Stored data:

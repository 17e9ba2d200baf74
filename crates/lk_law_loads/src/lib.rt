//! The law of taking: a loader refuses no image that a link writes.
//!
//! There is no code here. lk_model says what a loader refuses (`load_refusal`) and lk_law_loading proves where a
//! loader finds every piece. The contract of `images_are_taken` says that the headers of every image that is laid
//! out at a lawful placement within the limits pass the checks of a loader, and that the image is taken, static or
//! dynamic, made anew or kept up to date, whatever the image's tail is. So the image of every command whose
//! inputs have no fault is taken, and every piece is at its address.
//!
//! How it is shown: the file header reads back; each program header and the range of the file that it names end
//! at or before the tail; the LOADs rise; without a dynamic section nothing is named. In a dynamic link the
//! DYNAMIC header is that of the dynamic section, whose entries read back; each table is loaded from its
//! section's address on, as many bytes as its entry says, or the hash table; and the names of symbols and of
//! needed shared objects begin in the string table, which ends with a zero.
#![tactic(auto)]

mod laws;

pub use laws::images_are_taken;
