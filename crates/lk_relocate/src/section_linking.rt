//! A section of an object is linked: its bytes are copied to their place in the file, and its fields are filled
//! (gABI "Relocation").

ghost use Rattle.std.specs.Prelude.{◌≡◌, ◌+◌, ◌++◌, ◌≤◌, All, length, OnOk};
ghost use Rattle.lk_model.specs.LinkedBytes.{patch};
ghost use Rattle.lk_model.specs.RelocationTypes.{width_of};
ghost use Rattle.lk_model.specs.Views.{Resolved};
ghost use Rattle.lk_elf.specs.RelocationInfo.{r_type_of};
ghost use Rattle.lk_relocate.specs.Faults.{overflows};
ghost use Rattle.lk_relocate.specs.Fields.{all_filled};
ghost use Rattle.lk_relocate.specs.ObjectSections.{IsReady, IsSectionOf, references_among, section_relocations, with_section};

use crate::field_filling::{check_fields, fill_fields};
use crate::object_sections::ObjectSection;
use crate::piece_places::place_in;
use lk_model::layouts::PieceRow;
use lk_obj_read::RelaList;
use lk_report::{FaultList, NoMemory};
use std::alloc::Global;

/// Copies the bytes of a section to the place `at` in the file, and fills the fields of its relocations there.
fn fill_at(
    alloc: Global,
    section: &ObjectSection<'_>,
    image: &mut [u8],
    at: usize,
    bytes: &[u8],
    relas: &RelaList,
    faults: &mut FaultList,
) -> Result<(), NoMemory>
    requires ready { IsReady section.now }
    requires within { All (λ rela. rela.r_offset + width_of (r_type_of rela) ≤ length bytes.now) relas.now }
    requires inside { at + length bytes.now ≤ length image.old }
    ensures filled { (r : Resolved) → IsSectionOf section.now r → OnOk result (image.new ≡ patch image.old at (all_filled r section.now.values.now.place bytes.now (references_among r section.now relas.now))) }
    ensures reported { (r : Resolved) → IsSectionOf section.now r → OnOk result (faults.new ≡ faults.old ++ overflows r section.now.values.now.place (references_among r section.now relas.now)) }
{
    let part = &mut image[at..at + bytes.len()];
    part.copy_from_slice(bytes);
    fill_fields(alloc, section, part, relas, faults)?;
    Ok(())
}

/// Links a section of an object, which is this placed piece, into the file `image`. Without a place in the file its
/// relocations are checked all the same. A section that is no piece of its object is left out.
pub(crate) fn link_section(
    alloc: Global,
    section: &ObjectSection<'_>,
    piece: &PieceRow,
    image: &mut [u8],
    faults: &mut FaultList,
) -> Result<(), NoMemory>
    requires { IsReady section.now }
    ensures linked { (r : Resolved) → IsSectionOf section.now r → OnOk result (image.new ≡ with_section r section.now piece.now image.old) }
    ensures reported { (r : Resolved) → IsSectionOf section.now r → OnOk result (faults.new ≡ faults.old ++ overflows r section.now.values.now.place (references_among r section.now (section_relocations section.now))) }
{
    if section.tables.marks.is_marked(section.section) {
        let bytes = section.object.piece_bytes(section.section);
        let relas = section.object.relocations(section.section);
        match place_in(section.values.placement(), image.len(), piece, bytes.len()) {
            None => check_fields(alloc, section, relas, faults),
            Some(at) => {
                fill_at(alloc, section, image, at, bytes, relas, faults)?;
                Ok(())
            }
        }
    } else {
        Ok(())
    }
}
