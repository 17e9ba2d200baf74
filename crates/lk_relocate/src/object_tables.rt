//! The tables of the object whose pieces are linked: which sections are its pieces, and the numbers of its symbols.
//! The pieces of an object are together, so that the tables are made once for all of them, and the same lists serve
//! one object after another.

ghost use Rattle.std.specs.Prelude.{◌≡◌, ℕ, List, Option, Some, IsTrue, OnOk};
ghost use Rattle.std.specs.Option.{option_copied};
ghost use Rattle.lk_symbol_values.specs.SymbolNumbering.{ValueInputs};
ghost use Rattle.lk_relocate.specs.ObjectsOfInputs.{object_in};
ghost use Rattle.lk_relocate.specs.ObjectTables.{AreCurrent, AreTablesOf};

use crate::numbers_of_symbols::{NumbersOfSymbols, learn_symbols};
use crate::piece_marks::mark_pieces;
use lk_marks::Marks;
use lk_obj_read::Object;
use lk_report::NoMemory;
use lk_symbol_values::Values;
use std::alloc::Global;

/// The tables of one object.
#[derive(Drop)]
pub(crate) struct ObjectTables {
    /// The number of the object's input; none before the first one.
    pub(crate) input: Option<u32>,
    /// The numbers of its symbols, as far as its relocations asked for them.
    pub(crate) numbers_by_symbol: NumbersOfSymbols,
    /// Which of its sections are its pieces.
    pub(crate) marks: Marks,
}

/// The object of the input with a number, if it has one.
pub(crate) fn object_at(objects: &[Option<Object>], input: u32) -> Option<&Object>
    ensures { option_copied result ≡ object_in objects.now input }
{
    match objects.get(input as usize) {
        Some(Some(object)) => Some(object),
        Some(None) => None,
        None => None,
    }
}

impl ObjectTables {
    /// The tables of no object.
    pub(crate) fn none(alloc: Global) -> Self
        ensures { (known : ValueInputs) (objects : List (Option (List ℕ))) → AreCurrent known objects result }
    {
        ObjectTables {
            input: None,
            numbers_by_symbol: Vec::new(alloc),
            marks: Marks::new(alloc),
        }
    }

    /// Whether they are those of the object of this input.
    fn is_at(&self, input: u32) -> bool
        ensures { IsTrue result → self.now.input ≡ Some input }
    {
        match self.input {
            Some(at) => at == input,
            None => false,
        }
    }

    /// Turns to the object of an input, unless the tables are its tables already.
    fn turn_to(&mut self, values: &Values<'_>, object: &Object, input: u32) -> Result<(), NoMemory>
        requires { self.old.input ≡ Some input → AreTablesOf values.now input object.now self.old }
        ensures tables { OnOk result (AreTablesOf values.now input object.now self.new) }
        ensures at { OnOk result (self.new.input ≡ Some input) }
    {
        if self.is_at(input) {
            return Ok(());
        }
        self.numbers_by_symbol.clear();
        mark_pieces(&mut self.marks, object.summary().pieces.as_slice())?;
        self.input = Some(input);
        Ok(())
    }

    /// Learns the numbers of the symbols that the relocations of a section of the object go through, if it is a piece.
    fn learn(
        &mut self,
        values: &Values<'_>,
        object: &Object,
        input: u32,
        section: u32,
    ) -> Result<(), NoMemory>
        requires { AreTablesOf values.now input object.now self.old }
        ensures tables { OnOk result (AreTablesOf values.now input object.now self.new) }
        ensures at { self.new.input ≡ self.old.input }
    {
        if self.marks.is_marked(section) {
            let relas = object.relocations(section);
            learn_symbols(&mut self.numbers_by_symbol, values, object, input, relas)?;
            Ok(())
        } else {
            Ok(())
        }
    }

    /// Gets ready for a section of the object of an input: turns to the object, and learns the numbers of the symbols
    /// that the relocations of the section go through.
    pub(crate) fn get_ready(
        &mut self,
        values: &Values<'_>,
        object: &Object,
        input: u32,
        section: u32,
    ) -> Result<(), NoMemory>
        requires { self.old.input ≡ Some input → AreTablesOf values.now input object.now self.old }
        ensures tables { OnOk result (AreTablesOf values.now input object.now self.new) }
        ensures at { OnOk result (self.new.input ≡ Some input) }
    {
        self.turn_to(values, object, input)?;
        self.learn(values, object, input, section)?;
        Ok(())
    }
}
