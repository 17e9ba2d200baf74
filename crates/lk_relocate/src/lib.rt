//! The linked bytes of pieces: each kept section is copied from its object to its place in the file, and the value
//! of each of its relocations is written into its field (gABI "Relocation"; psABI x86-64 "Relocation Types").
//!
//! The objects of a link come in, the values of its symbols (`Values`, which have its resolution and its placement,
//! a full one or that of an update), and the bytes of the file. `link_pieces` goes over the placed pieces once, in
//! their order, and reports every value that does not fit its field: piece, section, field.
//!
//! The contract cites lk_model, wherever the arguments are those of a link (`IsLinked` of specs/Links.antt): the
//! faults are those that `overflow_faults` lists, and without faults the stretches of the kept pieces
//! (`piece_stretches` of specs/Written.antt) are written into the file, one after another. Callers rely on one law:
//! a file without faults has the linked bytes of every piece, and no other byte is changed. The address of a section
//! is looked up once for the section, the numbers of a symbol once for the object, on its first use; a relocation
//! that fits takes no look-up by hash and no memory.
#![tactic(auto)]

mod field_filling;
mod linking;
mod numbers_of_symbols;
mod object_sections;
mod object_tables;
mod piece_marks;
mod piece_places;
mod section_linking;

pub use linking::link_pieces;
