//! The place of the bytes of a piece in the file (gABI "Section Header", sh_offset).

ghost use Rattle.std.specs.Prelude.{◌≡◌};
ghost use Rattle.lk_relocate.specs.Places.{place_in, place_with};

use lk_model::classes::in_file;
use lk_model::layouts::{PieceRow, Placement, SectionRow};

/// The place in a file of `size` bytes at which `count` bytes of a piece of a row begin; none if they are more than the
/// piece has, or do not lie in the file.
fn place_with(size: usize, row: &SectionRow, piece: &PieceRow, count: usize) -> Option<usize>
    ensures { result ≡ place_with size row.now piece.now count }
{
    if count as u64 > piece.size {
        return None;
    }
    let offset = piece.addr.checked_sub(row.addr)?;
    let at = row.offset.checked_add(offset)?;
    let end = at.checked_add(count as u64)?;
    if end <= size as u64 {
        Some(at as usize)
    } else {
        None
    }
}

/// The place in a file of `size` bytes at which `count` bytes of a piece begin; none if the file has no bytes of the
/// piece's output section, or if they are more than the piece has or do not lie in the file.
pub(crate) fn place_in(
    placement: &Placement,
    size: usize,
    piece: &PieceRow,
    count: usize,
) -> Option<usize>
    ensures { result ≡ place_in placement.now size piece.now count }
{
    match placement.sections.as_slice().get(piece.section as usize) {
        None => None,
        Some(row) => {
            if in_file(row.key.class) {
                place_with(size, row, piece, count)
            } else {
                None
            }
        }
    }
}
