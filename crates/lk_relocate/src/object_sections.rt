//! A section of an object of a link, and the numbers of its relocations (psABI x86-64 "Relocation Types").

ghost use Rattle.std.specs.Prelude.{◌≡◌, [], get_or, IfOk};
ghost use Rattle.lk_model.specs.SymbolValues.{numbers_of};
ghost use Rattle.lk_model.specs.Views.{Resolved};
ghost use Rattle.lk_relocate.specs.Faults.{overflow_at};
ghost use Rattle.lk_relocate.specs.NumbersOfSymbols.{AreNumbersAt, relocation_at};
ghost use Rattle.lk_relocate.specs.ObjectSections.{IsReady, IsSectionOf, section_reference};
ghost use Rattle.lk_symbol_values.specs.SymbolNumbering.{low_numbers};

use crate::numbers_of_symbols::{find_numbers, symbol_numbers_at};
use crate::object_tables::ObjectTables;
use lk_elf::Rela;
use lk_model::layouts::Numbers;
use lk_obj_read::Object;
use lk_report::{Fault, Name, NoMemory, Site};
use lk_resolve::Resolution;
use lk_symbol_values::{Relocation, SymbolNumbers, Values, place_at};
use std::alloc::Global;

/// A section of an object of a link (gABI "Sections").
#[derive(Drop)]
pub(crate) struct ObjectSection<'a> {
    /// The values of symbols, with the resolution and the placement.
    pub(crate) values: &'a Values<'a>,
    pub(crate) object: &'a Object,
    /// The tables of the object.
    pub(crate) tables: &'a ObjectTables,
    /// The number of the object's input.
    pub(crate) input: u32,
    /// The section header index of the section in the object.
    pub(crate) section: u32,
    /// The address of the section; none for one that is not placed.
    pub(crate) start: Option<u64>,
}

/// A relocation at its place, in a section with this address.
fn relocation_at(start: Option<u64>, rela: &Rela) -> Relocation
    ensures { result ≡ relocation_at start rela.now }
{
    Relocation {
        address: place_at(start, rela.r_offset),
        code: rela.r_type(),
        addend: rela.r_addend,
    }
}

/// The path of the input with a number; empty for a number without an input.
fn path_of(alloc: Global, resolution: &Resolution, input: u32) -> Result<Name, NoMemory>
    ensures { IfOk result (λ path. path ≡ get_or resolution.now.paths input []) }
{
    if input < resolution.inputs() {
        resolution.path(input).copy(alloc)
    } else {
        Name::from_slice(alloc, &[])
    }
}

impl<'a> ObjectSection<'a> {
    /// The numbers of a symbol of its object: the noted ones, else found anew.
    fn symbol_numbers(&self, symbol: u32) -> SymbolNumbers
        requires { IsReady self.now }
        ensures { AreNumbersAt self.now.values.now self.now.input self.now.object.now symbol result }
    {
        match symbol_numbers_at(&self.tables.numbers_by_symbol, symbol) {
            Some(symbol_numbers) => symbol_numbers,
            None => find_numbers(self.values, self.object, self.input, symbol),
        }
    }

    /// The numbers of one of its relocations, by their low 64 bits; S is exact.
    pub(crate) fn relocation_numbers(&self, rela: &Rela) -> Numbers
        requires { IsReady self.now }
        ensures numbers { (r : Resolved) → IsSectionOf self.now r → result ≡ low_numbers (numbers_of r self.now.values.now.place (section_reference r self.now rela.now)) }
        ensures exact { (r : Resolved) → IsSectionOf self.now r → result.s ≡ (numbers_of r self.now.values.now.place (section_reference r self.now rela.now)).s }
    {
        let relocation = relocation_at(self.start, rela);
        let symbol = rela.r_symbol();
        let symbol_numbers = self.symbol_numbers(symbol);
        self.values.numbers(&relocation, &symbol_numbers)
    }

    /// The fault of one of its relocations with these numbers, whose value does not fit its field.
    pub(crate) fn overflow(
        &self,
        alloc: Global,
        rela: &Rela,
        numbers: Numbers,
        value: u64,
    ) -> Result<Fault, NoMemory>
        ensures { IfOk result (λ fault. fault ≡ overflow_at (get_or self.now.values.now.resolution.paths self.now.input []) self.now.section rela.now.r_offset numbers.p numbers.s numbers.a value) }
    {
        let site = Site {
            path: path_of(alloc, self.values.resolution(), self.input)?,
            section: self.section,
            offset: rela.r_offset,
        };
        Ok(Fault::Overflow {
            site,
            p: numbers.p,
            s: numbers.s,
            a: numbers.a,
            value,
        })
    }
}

Exercise requirements. As listed above, the lines from the line with "filename crates/lk_relocate/src/section_linking.rt" to the line with "(image.new ≡ patch" are to be echoed exactly, with both ends included and nothing added.

Written answer.
filename crates/lk_relocate/src/section_linking.rt
//! A section of an object is linked: its bytes are copied to their place in the file, and its fields are filled
//! (gABI "Relocation").

ghost use Rattle.std.specs.Prelude.{◌≡◌, ◌+◌, ◌++◌, ◌≤◌, All, length, OnOk};
ghost use Rattle.lk_model.specs.LinkedBytes.{patch};
ghost use Rattle.lk_model.specs.RelocationTypes.{width_of};
ghost use Rattle.lk_model.specs.Views.{Resolved};
ghost use Rattle.lk_elf.specs.RelocationInfo.{r_type_of};
ghost use Rattle.lk_relocate.specs.Faults.{overflows};
ghost use Rattle.lk_relocate.specs.Fields.{all_filled};
ghost use Rattle.lk_relocate.specs.ObjectSections.{IsReady, IsSectionOf, references_among, section_relocations, with_section};

use crate::field_filling::{check_fields, fill_fields};
use crate::object_sections::ObjectSection;
use crate::piece_places::place_in;
use lk_model::layouts::PieceRow;
use lk_obj_read::RelaList;
use lk_report::{FaultList, NoMemory};
use std::alloc::Global;

/// Copies the bytes of a section to the place `at` in the file, and fills the fields of its relocations there.
fn fill_at(
    alloc: Global,
    section: &ObjectSection<'_>,
    image: &mut [u8],
    at: usize,
    bytes: &[u8],
    relas: &RelaList,
    faults: &mut FaultList,
) -> Result<(), NoMemory>
    requires ready { IsReady section.now }
    requires within { All (λ rela. rela.r_offset + width_of (r_type_of rela) ≤ length bytes.now) relas.now }
    requires inside { at + length bytes.now ≤ length image.old }
    ensures filled { (r : Resolved) → IsSectionOf section.now r → OnOk result (image.new ≡ patch image.old at (all_filled r section.now.values.now.place bytes.now (references_among r section.now relas.now))) }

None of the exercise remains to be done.